Un peu plus loin, nous rencontrons un groupe de jeunes. Nous échangeons quelques mots. "De l'extérieur, on a toujours cette image de Berlin. Mais en réalité, ça a changé malheureusement", résument-ils. Ils sont artistes: poètes, éditeurs, musiciens et vidéastes. La plupart sont italiens: "Les artistes ont de plus en plus de mal à trouver des espaces. Ils commencent à partir. La force de Berlin, c'était aussi son attrait pour les étrangers. Il y a quelques années, beaucoup de choses étaient possibles. Il y avait vraiment des choses à faire, à créer, à expérimenter. La ville offrait cette possibilité."
Ils évoquent notamment la période du covid, mais aussi la spéculation immobilière et la hausse des prix: "C'est difficile de se loger, par exemple. L'augmentation des loyers n'est pas proportionnelle à l’augmentation des salaires ou du niveau de vie." Ils se rendent au vernissage d’une installation sonore dans un autre quartier, le district d'Alt Treptow.

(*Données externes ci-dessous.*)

// c(K) where the rows are marked by a value below it: no other row has a k-max above that value, and the quantile is found among those that have.
ghost use Rattle.std.specs.Prelude.{◌≡◌, map, ◌<◌, ◌≤◌, ◌^◌, length, take, drop};
ghost use Rattle.order.specs.Lists.{rows_of};
ghost use Rattle.columns.specs.Columns.{size, columns_of};
ghost use Rattle.method.specs.Method.{k_max, critical_value};
ghost use Rattle.masks.specs.Marks.{holding};
ghost use Rattle.critical.specs.Internal.{members_from, Marked, tops_above};

use super::kmax;
use masks::Table;

// The k-max over the columns of `set`, which are listed, of each row whose mark holds k of them, into the first places of the work buffer: answers how many.
fn fill_above(
    table: Table<'_>,
    work: &mut [f64],
    kept: &[u16],
    marks: &[u32],
    set: u32,
    list: &[usize],
    v: f64,
) -> usize
    requires { (table.rows ≤ length work.old) × (table.k ≤ size (columns_of table.columns set)) × (set < 2 ^ table.columns) × (list.now ≡ members_from 0 (columns_of table.columns set)) × Marked (rows_of table.rows table.columns table.values.now) table.k v kept.now marks.now }
    ensures { (result ≤ table.entry.rows) × (take result work.new ≡ tops_above (rows_of table.entry.rows table.entry.columns table.entry.values.now) table.entry.k (columns_of table.entry.columns set) v) × (drop table.entry.rows work.new ≡ drop table.entry.rows work.old) }
{
    let mut n: usize = 0;
    for (i, &mark) in marks.iter().enumerate() {
        if masks::holds(mark, set, table.k) {
            work[n] = kmax::kmax(table.row(kept[i] as usize), list, table.k);
            n += 1;
        }
    }
    n
}

// The critical value of the columns of `set`, which is above v; of the work buffer only the first M places change.
pub fn raised(
    table: Table<'_>,
    work: &mut [f64],
    kept: &[u16],
    marks: &[u32],
    e: usize,
    set: u32,
    v: f64,
) -> f64
    requires { (table.rows ≤ length work.old) × (table.k ≤ size (columns_of table.columns set)) × (set < 2 ^ table.columns) × Marked (rows_of table.rows table.columns table.values.now) table.k v kept.now marks.now × (e < holding table.k set marks.now) }
    ensures { (result ≡ critical_value table.entry.k e (rows_of table.entry.rows table.entry.columns table.entry.values.now) (columns_of table.entry.columns set)) × (drop table.entry.rows work.new ≡ drop table.entry.rows work.old) }
{
    let list = kmax::members(table.columns, set);
    let size = masks::size_of(table.columns, set);
    let n = fill_above(table, work, kept, marks, set, &list[..size], v);
    select::mth_smallest(&work[..n], n - e)
}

Le lieu est un building qui date de la RDA où il y a une série d’ateliers d’artistes: des architectes, des photographes et des vidéastes y ont élu domicile. Seulement, ils nous expliquent que les locataires sont dans une situation précaire: ils risquent une expulsion. "L'aspect alternatif est en train de quitter Berlin. Il existe encore, mais vraiment dans les marges. Certains lieux et espaces sont aujourd’hui récupérés par des start-ups ou et des coworkings. Ces lieux ont en quelque sorte perdu leur authenticité. L'exemple le plus éclatant, c'est le Tacheles (haut-lieu de l’alternative culturelle à Berlin), qui a fermé ses portes. L'alternatif n’a plus pignon sur rue: ce n’est pas dans les galeries ou les lieux dits alternatifs qu’il faut le chercher. Les grandes agences immobilières utilisent par exemple les grafs de certains street artists comme argument de vente. L’alternatif est devenu une marque, une image. Aujourd'hui, à Berlin, on vend l’alternatif. Les enjeux financiers ont fini par l’emporter: la ville a tenu plus longtemps que d’autres villes européennes, mais elle a fini par être phagocytée également."
Nous concluons notre échange: Berlin est-elle encore la ville représentant une certaine liberté artistique et sociale? "À l'époque, c'était une réalité. Aujourd’hui, ce sentiment de liberté est plus une impression qu’une réalité." Tout ceci pose une immense question: l’alternatif n’a-t-il pas toujours vocation à être, au bout du compte, récupéré et institutionnalisé, d’une manière ou d’une autre? Ce qui amène une seconde grande question: comment institutionnaliser l’alternatif sans le vider de sa substance et de sa richesse?